If the DDH is hard in a group $G$ with generator $g$, then it is hard to decide given $(g,g^a,g^b,g^c)$ whether $ab\equiv c\pmod{ord(G)}$.

If you take as $G$ the group $Z_p^*$ of order $p-1$ with $p$ being prime, then you will have $(p-1)/2$ elements being quadratic residues ($QR$) and the other half being non-quadratic residues ($QNR$).

Now, we know that $QR\cdot QR = QR$, $QNR\cdot QNR = QR$ and $QR \cdot QNR=QNR$.

So given a tuple $(g,g^a,g^b,g^c)$, we can check for $g^a$, $g^b$ and $g^c$ whether they are $QR$ or $QNR$, i.e., compute their Legendre symbol.

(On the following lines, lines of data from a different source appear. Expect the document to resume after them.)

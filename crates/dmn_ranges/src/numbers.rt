//! Arithmetic on sets of values.
ghost use Rattle.std.specs.Prelude.{◌≡◌, pos};
ghost use Rattle.dmn_ranges.specs.Ranges.{within};
ghost use Rattle.dmn_ranges.specs.Steps.{worked_out as worked_out_of, paired as paired_of, arithmetic as arithmetic_of, negated as negated_of, absolutes as absolutes_of, left_by as left_by_of, divided as divided_of, remainders as remainders_of};

use crate::bounded::{Bounded, absolute, difference, has_divisor, product, remainder, sum};
use crate::interval::Interval;
use crate::outcomes::{Outcomes, numbers_given};
use crate::range::{Range, either};
use feel_text::Operator;

// What an operator makes of two numbers. It is asked of operators that work numbers out.
fn worked_out(operator: Operator, x: Interval, y: Interval) -> Bounded
    ensures { result ≡ worked_out_of operator x y }
{
    match operator {
        Operator::Add => sum(x, y),
        Operator::Subtract => difference(x, y),
        _ => product(x, y),
    }
}

fn paired(operator: Operator, x: Option<Interval>, y: Option<Interval>) -> Option<Bounded>
    ensures { result ≡ paired_of operator x y }
{
    match (x, y) {
        (Some(x), Some(y)) => Some(worked_out(operator, x, y)),
        _ => None,
    }
}

/// What an operator that works numbers out makes of two values.
pub(crate) fn arithmetic(operator: Operator, a: Range, b: Range) -> Outcomes
    ensures { result ≡ arithmetic_of operator a b }
{
    let nulls = either(a.is_other(), b.is_other());
    numbers_given(nulls, paired(operator, a.numbers, b.numbers))
}

/// The opposite of a number.
pub(crate) fn negated(a: Range) -> Outcomes
    ensures { result ≡ negated_of a }
{
    let zero = Interval { low: 0, high: 0 };
    numbers_given(
        a.is_other(),
        paired(Operator::Subtract, Some(zero), a.numbers),
    )
}

/// How far a number is from 0.
pub(crate) fn absolutes(a: Range) -> Outcomes
    ensures { result ≡ absolutes_of a }
{
    match a.numbers {
        Some(numbers) => numbers_given(a.is_other(), Some(absolute(numbers))),
        None => numbers_given(a.is_other(), None),
    }
}

fn has_zero(numbers: Option<Interval>) -> bool
    ensures { result ≡ within numbers (pos 0) }
{
    match numbers {
        Some(numbers) => numbers.low <= 0 && 0 <= numbers.high,
        None => false,
    }
}

// What is left by the numbers that are not 0.
fn left_by(y: Interval) -> Option<Bounded>
    ensures { result ≡ left_by_of y }
{
    if has_divisor(y) {
        Some(remainder(y))
    } else {
        None
    }
}

fn divided(x: Option<Interval>, y: Option<Interval>) -> Option<Bounded>
    ensures { result ≡ divided_of x y }
{
    match (x, y) {
        (Some(_), Some(y)) => left_by(y),
        _ => None,
    }
}

/// What is left of a number by another.
pub(crate) fn remainders(a: Range, b: Range) -> Outcomes
    ensures { result ≡ remainders_of a b }
{
    let nulls = either(either(a.is_other(), b.is_other()), has_zero(b.numbers));
    numbers_given(nulls, divided(a.numbers, b.numbers))
}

Note that if this is a valid DDH tuple then you can write it as $(g^a,g^b,g^{ab})$ and if you encounter the cases $(QR,QR,QNR)$, $(QNR,QR,QR)$, $(QR,QNR,QR)$ or $(QNR,QNR,QNR)$ then it cannot be the case that $ab\equiv c\pmod{p}$, which gives you a distinguisher for the DDH (this is informal, but should be sufficient to give the idea).

If you choose $p$ to be a safe-prime, i.e., of the form $p=2q+1$ with $q$ also prime, however, and you work in the prime order $q$ subgroup, the DDH is hard (then you work in the subgroup of quadratic residues and you will no longer have the above approach to construct a distinguisher)!

But the DDH is not the hardness assumption underlying Diffie-Hellman key exchange, but it relies on the CDHP, i.e., given $(g,g^a,g^b)$ compute $g^{ab}$, which is hard in $Z_p^*$ for appropriate choice of $p$. This is the problem an eavesdropper is faced when it intercepts $g^a$ and $g^b$ to compute the common key $g^{ab}$. Note that an eavesdropper against Diffie-Hellman key exchange will hopefully never see an DDH tuple $(g^a,g^b,g^{ab})$ as otherwise this would mean that the parties would send the exchanged key $g^{ab}$ in clear over the wire, and this would not be a good idea ;)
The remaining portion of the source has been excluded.